In the Spotlight: The Emerging Practice of the 'Oncology Medical Home'
By Richard Scott
August 14, 2012
Are specialty practices the next stop on the medical home express? They very well could be, according to recent announcements from several healthcare organizations.
The medical home is expanding into at least one specialty -- oncology -- as the Centers for Medicare and Medicaid Innovation (CCMI) recently awarded a cancer center in New Mexico with a $19 million grant to research, develop and expand an oncology medical home model in an effort to seize upon the medical home's focus on integrated, patient-centered care.
The recipient of the grant is the New Mexico Cancer Center, led by CEO Dr. Barbara McAneny, which currently operates an "oncology physician-directed medical home" at its headquarters in Albuquerque. The New Mexico Cancer Center provides quality-based support services in house, such as avoiding duplication of care and providing patient education, that mark the medical home model.
"This project will create a group of loosely affiliated practices that will focus on the alignment of the multiple components to ensure quality care," said Dr. McAneny in a statement released by the Community Oncology Alliance (COA), where she is a board member. "I am confident that the better care provided by centralized comprehensive care will not only improve patient quality of life and prolong survival, but will also prove to be the most economical model for cancer care."
Oncology isn't the only specialty that could be a fit for the medical home, according to industry data. A 2010 study from the New England Journal of Medicine
found that some specialty practices in cardiology, pulmonology and endocrinology serve as the main source of primary care. Other specialty areas where the medical home may fit include cardiology, nephrology and psychiatry.A True Trend?
In the face of speculation about other specialties considering an adoption of the medical home model, the CMMI grant for the oncology medical home marks the largest amount of federal grant money devoted to a specialty medical home. This is something that the COA plans to expand upon.
"Dr. McAneny's award will give us a roadmap of this protocol for more beneficial patient care," said Ted Okon, COA executive director. "COA is working with key stakeholders -- patient, providers and payers -- to develop an oncology medical home program as a means for providing better, more economical, community-based cancer care."
Implementation of the oncology medical home begins at New Mexico Cancer Center, and is expected to expand to six other practices within the next six months. There are several elements of the oncology medical home that will impact the Cancer Center, including:
- Expansion of staff and hours of operation.

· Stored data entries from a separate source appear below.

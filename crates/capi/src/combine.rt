//! Exported to C and Rust: the combinations of masks of equal lengths. The mask returned has start 0 and the largest of their serials.
#![tactic(auto, using(masks::proofs::refusal::ClauseLaws::answered, masks::proofs::refusal::ClauseLaws::written), unfolding(masks::specs::equations::Combine::pair_of, masks::specs::equations::Combine::pair_bytes, masks::specs::equations::Combine::each_of, masks::specs::equations::Combine::each_bytes))]

ghost use Rattle.std.specs.Prelude.{◌≡◌};
ghost use Rattle.masks.specs.Combine.{And, AndNot, Or, OrNot, Xor};
ghost use Rattle.masks.specs.equations.Combine.{pair_bytes, pair_of};
ghost use Rattle.masks.specs.equations.Combine.{not_bytes, not_of, select_bytes, select_constant_bytes, select_constant_of, select_of};
ghost use Rattle.capi.specs.Answers.{as_mask};
ghost use Rattle.capi.specs.Records.{mask_in};

use crate::answers::MaskAnswer;
use crate::records::Mask;
use crate::short::{not_near, pair_near, select_constant_near, select_near};
use masks::bitmap_ops::{and, and_not, not, or, or_not, select, select_constant, xor};
use words::ops::Op;

/// Writes which flags are set in both masks, as frozen bytes at the start of `out`, and returns the mask over them.
///
/// ```
/// use poruwhina::calls::{and, try_new};
///
/// // of 1,1,0 and 1,0,0
/// let mask = try_new(&[0], 0, 3).mask;
/// let mut out = [0; 8];
/// and(mask, &[0x03], mask, &[0x01], &mut out);
/// assert_eq!(out[0], 0x01);
/// ```
#[unsafe(no_mangle)]
pub extern "C" fn pw_and(
    lhs: Mask,
    lhs_bytes: &[u8],
    rhs: Mask,
    rhs_bytes: &[u8],
    out: &mut [u8],
) -> MaskAnswer
    ensures answer { result ≡
        as_mask (pair_of And (mask_in lhs) lhs_bytes.now (mask_in rhs) rhs_bytes.now out.old) }
    ensures bytes { out.new ≡
        pair_bytes And (mask_in lhs) lhs_bytes.now (mask_in rhs) rhs_bytes.now out.old }
{
    if let Some(answer) = pair_near(Op::And, lhs, lhs_bytes, rhs, rhs_bytes, out) {
        return answer;
    }
    and(lhs.into(), lhs_bytes, rhs.into(), rhs_bytes, out).into()
}

/// Writes which flags are set in the first mask and not in the second, as frozen bytes at the start of `out`, and returns the mask over
/// them.
///
/// ```
/// use poruwhina::calls::{and_not, try_new};
///
/// // of 0,0,1 and 1,0,0
/// let mask = try_new(&[0], 0, 3).mask;
/// let mut out = [0; 8];
/// and_not(mask, &[0x04], mask, &[0x01], &mut out);
/// assert_eq!(out[0], 0x04);
/// ```
#[unsafe(no_mangle)]
pub extern "C" fn pw_and_not(
    lhs: Mask,
    lhs_bytes: &[u8],
    rhs: Mask,
    rhs_bytes: &[u8],
    out: &mut [u8],
) -> MaskAnswer
    ensures answer { result ≡
        as_mask (pair_of AndNot (mask_in lhs) lhs_bytes.now (mask_in rhs) rhs_bytes.now out.old) }
    ensures bytes { out.new ≡
        pair_bytes AndNot (mask_in lhs) lhs_bytes.now (mask_in rhs) rhs_bytes.now out.old }
{
    if let Some(answer) = pair_near(Op::AndNot, lhs, lhs_bytes, rhs, rhs_bytes, out) {
        return answer;
    }
    and_not(lhs.into(), lhs_bytes, rhs.into(), rhs_bytes, out).into()
}

/// Writes which flags are set in at least one of two masks, as frozen bytes at the start of `out`, and returns the mask over them.
///
/// ```
/// use poruwhina::calls::{or, try_new};
///
/// // of 0,0,1 and 1,0,0
/// let mask = try_new(&[0], 0, 3).mask;
/// let mut out = [0; 8];
/// or(mask, &[0x04], mask, &[0x01], &mut out);
/// assert_eq!(out[0], 0x05);
/// ```
#[unsafe(no_mangle)]
pub extern "C" fn pw_or(
    lhs: Mask,
    lhs_bytes: &[u8],
    rhs: Mask,
    rhs_bytes: &[u8],
    out: &mut [u8],
) -> MaskAnswer
    ensures answer { result ≡
        as_mask (pair_of Or (mask_in lhs) lhs_bytes.now (mask_in rhs) rhs_bytes.now out.old) }
    ensures bytes { out.new ≡
        pair_bytes Or (mask_in lhs) lhs_bytes.now (mask_in rhs) rhs_bytes.now out.old }
{
    if let Some(answer) = pair_near(Op::Or, lhs, lhs_bytes, rhs, rhs_bytes, out) {
        return answer;
    }
    or(lhs.into(), lhs_bytes, rhs.into(), rhs_bytes, out).into()
}

/// Writes which flags are set in the first mask or not set in the second, as frozen bytes at the start of `out`, and returns the mask
/// over them.
///
/// ```
/// use poruwhina::calls::{or_not, try_new};
///
/// // of 0,0,1 and 1,0,0
/// let mask = try_new(&[0], 0, 3).mask;
/// let mut out = [0; 8];
/// or_not(mask, &[0x04], mask, &[0x01], &mut out);
/// assert_eq!(out[0], 0x06);
/// ```
#[unsafe(no_mangle)]
pub extern "C" fn pw_or_not(
    lhs: Mask,
    lhs_bytes: &[u8],
    rhs: Mask,
    rhs_bytes: &[u8],
    out: &mut [u8],
) -> MaskAnswer
    ensures answer { result ≡
        as_mask (pair_of OrNot (mask_in lhs) lhs_bytes.now (mask_in rhs) rhs_bytes.now out.old) }
    ensures bytes { out.new ≡
        pair_bytes OrNot (mask_in lhs) lhs_bytes.now (mask_in rhs) rhs_bytes.now out.old }
{
    if let Some(answer) = pair_near(Op::OrNot, lhs, lhs_bytes, rhs, rhs_bytes, out) {
        return answer;
    }
    or_not(lhs.into(), lhs_bytes, rhs.into(), rhs_bytes, out).into()
}

/// Writes which flags differ between two masks, as frozen bytes at the start of `out`, and returns the mask over them.
///
/// ```
/// use poruwhina::calls::{xor, try_new};
///
/// // of 0,0,1 and 1,0,0
/// let mask = try_new(&[0], 0, 3).mask;
/// let mut out = [0; 8];
/// xor(mask, &[0x04], mask, &[0x01], &mut out);
/// assert_eq!(out[0], 0x05);
/// ```
#[unsafe(no_mangle)]
pub extern "C" fn pw_xor(
    lhs: Mask,
    lhs_bytes: &[u8],
    rhs: Mask,
    rhs_bytes: &[u8],
    out: &mut [u8],
) -> MaskAnswer
    ensures answer { result ≡
        as_mask (pair_of Xor (mask_in lhs) lhs_bytes.now (mask_in rhs) rhs_bytes.now out.old) }
    ensures bytes { out.new ≡
        pair_bytes Xor (mask_in lhs) lhs_bytes.now (mask_in rhs) rhs_bytes.now out.old }
{
    if let Some(answer) = pair_near(Op::Xor, lhs, lhs_bytes, rhs, rhs_bytes, out) {
        return answer;
    }
    xor(lhs.into(), lhs_bytes, rhs.into(), rhs_bytes, out).into()
}

/// Writes each flag of a mask inverted, as frozen bytes at the start of `out`, and returns the mask over them.
///
/// ```
/// use poruwhina::calls::{not, try_new};
///
/// let mut out = [0; 8];
/// not(try_new(&[0x2D], 0, 6).mask, &[0x2D], &mut out);
/// assert_eq!(out[0], 0x12);
/// ```
#[unsafe(no_mangle)]
pub extern "C" fn pw_not(mask: Mask, bytes: &[u8], out: &mut [u8]) -> MaskAnswer
    ensures answer { result ≡ as_mask (not_of (mask_in mask) bytes.now out.old) }
    ensures bytes { out.new ≡ not_bytes (mask_in mask) bytes.now out.old }
{
    if let Some(answer) = not_near(mask, bytes, out) {
        return answer;
    }
    not(mask.into(), bytes, out).into()
}

/// Writes the flag of `truthy` where the selector's is set, else that of `falsy`, as frozen bytes at the start of `out`, and returns the
/// mask over them.
///
/// ```
/// use poruwhina::calls::{select, try_new};
///
/// let mask = try_new(&[0], 0, 4).mask;
/// let mut out = [0; 8];
/// select(mask, &[0x05], mask, &[0x03], mask, &[0x0E], &mut out);
/// assert_eq!(out[0], 0x0B);
/// ```
#[unsafe(no_mangle)]
pub extern "C" fn pw_select(
    selector: Mask,
    selector_bytes: &[u8],
    truthy: Mask,
    truthy_bytes: &[u8],
    falsy: Mask,
    falsy_bytes: &[u8],
    out: &mut [u8],
) -> MaskAnswer
    ensures answer { result ≡
        as_mask (select_of (mask_in selector) selector_bytes.now
        (mask_in truthy) truthy_bytes.now (mask_in falsy) falsy_bytes.now out.old) }
    ensures bytes { out.new ≡
        select_bytes (mask_in selector) selector_bytes.now
        (mask_in truthy) truthy_bytes.now (mask_in falsy) falsy_bytes.now out.old }
{
    let near = select_near(
        selector,
        selector_bytes,
        truthy,
        truthy_bytes,
        falsy,
        falsy_bytes,
        out,
    );
    if let Some(answer) = near {
        return answer;
    }
    select(
        selector.into(),
        selector_bytes,
        truthy.into(),
        truthy_bytes,
        falsy.into(),
        falsy_bytes,
        out,
    )
    .into()
}

/// Writes the flag of `truthy` where the selector's is set, else `flag`, as frozen bytes at the start of `out`, and returns the mask over
/// them.
///
/// ```
/// use poruwhina::calls::{select_constant, try_new};
///
/// let mask = try_new(&[0], 0, 4).mask;
/// let mut out = [0; 8];
/// select_constant(mask, &[0x05], mask, &[0x03], true, &mut out);
/// assert_eq!(out[0], 0x0B);
/// ```
#[unsafe(no_mangle)]
pub extern "C" fn pw_select_constant(
    selector: Mask,
    selector_bytes: &[u8],
    truthy: Mask,
    truthy_bytes: &[u8],
    flag: bool,
    out: &mut [u8],
) -> MaskAnswer
    ensures answer { result ≡
        as_mask (select_constant_of (mask_in selector) selector_bytes.now (mask_in truthy) truthy_bytes.now flag out.old) }
    ensures bytes { out.new ≡
        select_constant_bytes (mask_in selector) selector_bytes.now (mask_in truthy) truthy_bytes.now flag out.old }
{
    let near = select_constant_near(selector, selector_bytes, truthy, truthy_bytes, flag, out);
    if let Some(answer) = near {
        return answer;
    }
    select_constant(
        selector.into(),
        selector_bytes,
        truthy.into(),
        truthy_bytes,
        flag,
        out,
    )
    .into()
}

- Strict use of medical necessity guidelines for hospital inpatient admissions.
- Outpatient discharge policies and procedures.
- Data tracking to compare results with those of control groups.
"By the end of the third year, it is NMCC's goal to have a good understanding of all facets of cancer care costs so they can provide a bundled payment mechanism," reads the NMCC statement.
Through it medical home-based efforts, New Mexico Cancer Center seeks to limit unnecessary and avoidable cost expenditures, such as unneeded emergency department services and unnecessary hospital admissions.